**Description of the task:** Print all the entries verbatim.

**Dataset entries:**
==================================================

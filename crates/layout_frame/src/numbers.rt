// The numbers of the sections of points, where there is room for them.
ghost use Rattle.std.specs.Prelude.{◌<◌};
ghost use Rattle.rail_model.specs.Table.{trains};

use crate::bows::{bow_between, middle_of};
use crate::captions::spot_at;
use crate::frame::{View, shifted};
use crate::room::{Area, Room};
use crate::shapes::push_label;
use rail_model::{Link, points_of};
use std::alloc::{AllocError, Global};
use svg_text::{Shape, Spot};

// Whether there is a bit for a section.
fn has_bit(bits: u64, section: u32) -> bool {
    section < 64 && bits >> section & 1 == 1
}

// Adds the number of a section. Of three and more that follow one another the first and the last stand for all.
fn write_number(words: &mut String, bits: u64, section: u32) -> Result<(), AllocError> {
    let follows = has_bit(bits, section.wrapping_sub(1));
    if follows && has_bit(bits, section.saturating_add(1)) {
        return Ok(());
    }
    let many = follows && has_bit(bits, section.wrapping_sub(2));
    let mark = if many {
        "-"
    } else if words.is_empty() {
        ""
    } else {
        " "
    };
    write!(words, "{mark}{section}")
}

// The numbers of the sections for which there is a bit.
fn numbers_of(alloc: Global, bits: u64) -> Result<String, AllocError> {
    let mut words = String::new(alloc);
    for section in 0..64 {
        if has_bit(bits, section) {
            write_number(&mut words, bits, section)?;
        }
    }
    Ok(words)
}

// The spots at which numbers of this width can begin beside a point: below it on the right or on the left, farther away,
// beside it, or deeper.
fn offers(at: Spot, width: i64) -> [Spot; 8] {
    let near = (-6i64).saturating_sub(width);
    let beside = (-18i64).saturating_sub(width);
    let far = (-22i64).saturating_sub(width);
    [
        shifted(at, 6, 17),
        shifted(at, near, 17),
        shifted(at, 22, 17),
        shifted(at, 18, -4),
        shifted(at, beside, -4),
        shifted(at, far, 17),
        shifted(at, 6, 29),
        shifted(at, near, 29),
    ]
}

// What numbers of this width take that begin at a spot, with some room on the left and on the right.
fn area_at(at: Spot, width: i64) -> Area {
    Area {
        first: shifted(at, -4, -9),
        last: shifted(at, width.saturating_add(4), 1),
    }
}

// The first of some spots where numbers of this width have room, or else the first of all.
fn place(room: &Room, spots: &[Spot], width: i64) -> Spot {
    for spot in spots {
        if room.is_free(&area_at(*spot, width)) {
            return *spot;
        }
    }
    spots.first().copied().unwrap_or(Spot { x: 0, y: 0 })
}

// Takes the line of a link: of one with a bow a line to the middle of the bow, and one from there.
fn take_link(room: &mut Room, view: &View, link: &Link) -> Result<(), AllocError> {
    let from = view.frame.spot(link.first());
    let to = view.frame.spot(link.second());
    let Some(toward) = bow_between(view.frame, view.layout.links(), from, to) else {
        return room.push_line(from, to);
    };
    let middle = middle_of(middle_of(from, to), toward);
    room.push_line(from, middle)?;
    room.push_line(middle, to)
}

// Takes the lines of the links.
fn take_links(room: &mut Room, view: &View) -> Result<(), AllocError> {
    for link in view.layout.links() {
        take_link(room, view, link)?;
    }
    Ok(())
}

// Takes the dots of the points.
fn take_dots(room: &mut Room, view: &View) -> Result<(), AllocError> {
    for spot in &view.frame.spots {
        room.push_area(Area {
            first: shifted(*spot, -6, -6),
            last: shifted(*spot, 6, 6),
        })?;
    }
    Ok(())
}

// Takes the arrow of a train at a spot, and its name of so many letters.
fn take_arrow(room: &mut Room, view: &View, at: Spot, letters: i64) -> Result<(), AllocError> {
    room.push_area(Area {
        first: shifted(at, -14, -14),
        last: shifted(at, 14, 14),
    })?;
    if view.frame.grid.fall {
        let down = letters.saturating_mul(5).saturating_add(24);
        return room.push_line(
            shifted(at, 0, 24),
            shifted(at, down.saturating_sub(24), down),
        );
    }
    let side = letters.saturating_mul(4);
    room.push_area(Area {
        first: shifted(at, 0i64.saturating_sub(side), 18),
        last: shifted(at, side, 32),
    })
}

// Takes what a train needs, if it is in the layout.
fn take_train(room: &mut Room, view: &View, train: u32) -> Result<(), AllocError>
    requires { train < trains view.now.scene.now.table.now }
{
    match spot_at(view, train, view.scene.place(train)) {
        Some(at) => {
            let letters = view.scene.train(train).len().min(100) as i64;
            take_arrow(room, view, at, letters)
        }
        None => Ok(()),
    }
}

// Takes what the trains need.
fn take_trains(room: &mut Room, view: &View) -> Result<(), AllocError> {
    for train in 0..view.scene.trains() {
        take_train(room, view, train)?;
    }
    Ok(())
}

// Adds numbers at a spot where they have room, and takes it.
fn push_words(
    shapes: &mut Vec<Shape>,
    view: &View,
    room: &mut Room,
    at: Spot,
    words: &str,
) -> Result<(), AllocError> {
    let width = words.len().min(1000) as i64 * 6;
    let spot = place(room, &offers(at, width), width);
    room.push_area(area_at(spot, width))?;
    push_label(shapes, view.alloc, spot, words)
}

// Adds the numbers of the sections of a point.
fn push_number(
    shapes: &mut Vec<Shape>,
    view: &View,
    room: &mut Room,
    point: u32,
) -> Result<(), AllocError> {
    let bits = view.inside.get(point as usize).copied().unwrap_or(0);
    if bits == 0 {
        return Ok(());
    }
    let words = numbers_of(view.alloc, bits)?;
    push_words(shapes, view, room, view.frame.spot(point), words.as_str())
}

// Adds the numbers of the sections of each point, in the room that is left.
fn push_all(shapes: &mut Vec<Shape>, view: &View, room: &mut Room) -> Result<(), AllocError> {
    for point in 0..points_of(view.layout) {
        push_number(shapes, view, room, point)?;
    }
    Ok(())
}

/// Adds the numbers of the sections of each point, clear of points, links, trains and one another where there is
/// room.
pub fn push_numbers(shapes: &mut Vec<Shape>, view: &View) -> Result<(), AllocError> {
    let mut room = Room::new(view.alloc);
    take_links(&mut room, view)?;
    take_dots(&mut room, view)?;
    take_trains(&mut room, view)?;
    push_all(shapes, view, &mut room)
}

==================================================

**Exercise response:**
filename crates/layout_frame/src/numbers.rt
// The numbers of the sections of points, where there is room for them.
ghost use Rattle.std.specs.Prelude.{◌<◌};
ghost use Rattle.rail_model.specs.Table.{trains};

use crate::bows::{bow_between, middle_of};
use crate::captions::spot_at;
use crate::frame::{View, shifted};
use crate::room::{Area, Room};
use crate::shapes::push_label;
use rail_model::{Link, points_of};
use std::alloc::{AllocError, Global};
use svg_text::{Shape, Spot};

// Whether there is a bit for a section.
fn has_bit(bits: u64, section: u32) -> bool {
    section < 64 && bits >> section & 1 == 1
}

// Adds the number of a section. Of three and more that follow one another the first and the last stand for all.
fn write_number(words: &mut String, bits: u64, section: u32) -> Result<(), AllocError> {
    let follows = has_bit(bits, section.wrapping_sub(1));
    if follows && has_bit(bits, section.saturating_add(1)) {
        return Ok(());
    }
    let many = follows && has_bit(bits, section.wrapping_sub(2));
    let mark = if many {
        "-"
    } else if words.is_empty() {
        ""
    } else {
        " "
    };
    write!(words, "{mark}{section}")
}

// The numbers of the sections for which there is a bit.
fn numbers_of(alloc: Global, bits: u64) -> Result<String, AllocError> {
    let mut words = String::new(alloc);
    for section in 0..64 {
        if has_bit(bits, section) {
            write_number(&mut words, bits, section)?;
        }
    }
    Ok(words)
}

// The spots at which numbers of this width can begin beside a point: below it on the right or on the left, farther away,
// beside it, or deeper.
fn offers(at: Spot, width: i64) -> [Spot; 8] {
    let near = (-6i64).saturating_sub(width);
    let beside = (-18i64).saturating_sub(width);
    let far = (-22i64).saturating_sub(width);
    [
        shifted(at, 6, 17),
        shifted(at, near, 17),
        shifted(at, 22, 17),
        shifted(at, 18, -4),
        shifted(at, beside, -4),
        shifted(at, far, 17),
        shifted(at, 6, 29),
        shifted(at, near, 29),
    ]
}

// What numbers of this width take that begin at a spot, with some room on the left and on the right.
fn area_at(at: Spot, width: i64) -> Area {
    Area {
        first: shifted(at, -4, -9),
        last: shifted(at, width.saturating_add(4), 1),
    }
}

// The first of some spots where numbers of this width have room, or else the first of all.
fn place(room: &Room, spots: &[Spot], width: i64) -> Spot {
    for spot in spots {
        if room.is_free(&area_at(*spot, width)) {
            return *spot;
        }
    }
    spots.first().copied().unwrap_or(Spot { x: 0, y: 0 })
}

// Takes the line of a link: of one with a bow a line to the middle of the bow, and one from there.
fn take_link(room: &mut Room, view: &View, link: &Link) -> Result<(), AllocError> {
    let from = view.frame.spot(link.first());
    let to = view.frame.spot(link.second());
    let Some(toward) = bow_between(view.frame, view.layout.links(), from, to) else {
        return room.push_line(from, to);
    };
    let middle = middle_of(middle_of(from, to), toward);
    room.push_line(from, middle)?;
    room.push_line(middle, to)
}

// Takes the lines of the links.
fn take_links(room: &mut Room, view: &View) -> Result<(), AllocError> {
    for link in view.layout.links() {
        take_link(room, view, link)?;
    }
    Ok(())
}

// Takes the dots of the points.
fn take_dots(room: &mut Room, view: &View) -> Result<(), AllocError> {
    for spot in &view.frame.spots {
        room.push_area(Area {
            first: shifted(*spot, -6, -6),
            last: shifted(*spot, 6, 6),
        })?;
    }
    Ok(())
}

// Takes the arrow of a train at a spot, and its name of so many letters.
fn take_arrow(room: &mut Room, view: &View, at: Spot, letters: i64) -> Result<(), AllocError> {
    room.push_area(Area {
        first: shifted(at, -14, -14),
        last: shifted(at, 14, 14),
    })?;
    if view.frame.grid.fall {
        let down = letters.saturating_mul(5).saturating_add(24);
        return room.push_line(
            shifted(at, 0, 24),
            shifted(at, down.saturating_sub(24), down),
        );
    }
    let side = letters.saturating_mul(4);
    room.push_area(Area {
        first: shifted(at, 0i64.saturating_sub(side), 18),
        last: shifted(at, side, 32),
    })
}

// Takes what a train needs, if it is in the layout.
fn take_train(room: &mut Room, view: &View, train: u32) -> Result<(), AllocError>
    requires { train < trains view.now.scene.now.table.now }
{
    match spot_at(view, train, view.scene.place(train)) {
        Some(at) => {
            let letters = view.scene.train(train).len().min(100) as i64;
            take_arrow(room, view, at, letters)
        }
        None => Ok(()),
    }
}

// Takes what the trains need.
fn take_trains(room: &mut Room, view: &View) -> Result<(), AllocError> {
    for train in 0..view.scene.trains() {
        take_train(room, view, train)?;
    }
    Ok(())
}

// Adds numbers at a spot where they have room, and takes it.
fn push_words(
    shapes: &mut Vec<Shape>,
    view: &View,
    room: &mut Room,
    at: Spot,
    words: &str,
) -> Result<(), AllocError> {
    let width = words.len().min(1000) as i64 * 6;
    let spot = place(room, &offers(at, width), width);
    room.push_area(area_at(spot, width))?;
    push_label(shapes, view.alloc, spot, words)
}

// Adds the numbers of the sections of a point.
fn push_number(
    shapes: &mut Vec<Shape>,
    view: &View,
    room: &mut Room,
    point: u32,
) -> Result<(), AllocError> {
    let bits = view.inside.get(point as usize).copied().unwrap_or(0);
    if bits == 0 {
        return Ok(());
    }
    let words = numbers_of(view.alloc, bits)?;
    push_words(shapes, view, room, view.frame.spot(point), words.as_str())
}

// Adds the numbers of the sections of each point, in the room that is left.
fn push_all(shapes: &mut Vec<Shape>, view: &View, room: &mut Room) -> Result<(), AllocError> {
    for point in 0..points_of(view.layout) {
        push_number(shapes, view, room, point)?;
    }
    Ok(())
}

/// Adds the numbers of the sections of each point, clear of points, links, trains and one another where there is
/// room.
pub fn push_numbers(shapes: &mut Vec<Shape>, view: &View) -> Result<(), AllocError> {
    let mut room = Room::new(view.alloc);
    take_links(&mut room, view)?;
    take_dots(&mut room, view)?;
    take_trains(&mut room, view)?;
    push_all(shapes, view, &mut room)
}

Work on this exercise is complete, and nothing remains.